→ Work item
Scan the listing below for lines with the word "document". Report how many there are, as a number alone.

→ Material shown

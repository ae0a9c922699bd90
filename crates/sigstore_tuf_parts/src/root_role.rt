// Whether a document meets a role of a root.
ghost use Rattle.std.specs.Prelude.{◌≡◌, ◌≢◌, Ok, Err, IfErr, OnOk};
ghost use Rattle.sigstore_keys.specs.Crypto.{crypto_by};
ghost use Rattle.sigstore_tuf_parts.specs.RootRoles.{meets_role_of};

use crate::document::Metadata;
use crate::root::Root;
use sigstore_keys::CryptoProvider;
use sigstore_tuf_text::Error;
use sigstore_types_parts::{Armor, Text};
use std::alloc::Global;

impl<T> Metadata<T> {
    /// Whether enough keys of the role of that name in a root signed this document. Errors:
    /// `UnknownRole` where the root has no such role, else as `verify_threshold`.
    #[tactic(auto, unfolding(crate::specs::RootRoles::meets_role_of))]
    pub fn verify_role<C: CryptoProvider, M: Armor>(
        &self,
        alloc: Global,
        provider: &C,
        armor: &M,
        root: &Root,
        name: &str,
    ) -> Result<(), Error>
        ensures ok { OnOk result
            (meets_role_of (crypto_by C.CryptoProvider M.Armor provider.now armor.now)
            root.now name.now self.now ≡ Ok tt) }
        ensures err { IfErr result (λ e. e ≢ Error.NoMemory →
            meets_role_of (crypto_by C.CryptoProvider M.Armor provider.now armor.now)
            root.now name.now self.now ≡ Err e) }
    {
        match root.role(name) {
            Some(role) => self.verify_threshold(alloc, provider, armor, &root.keys, role, name),
            None => Err(Error::UnknownRole {
                name: Text::new(alloc, name)?,
            }),
        }
    }
}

→ Result of this exercise
3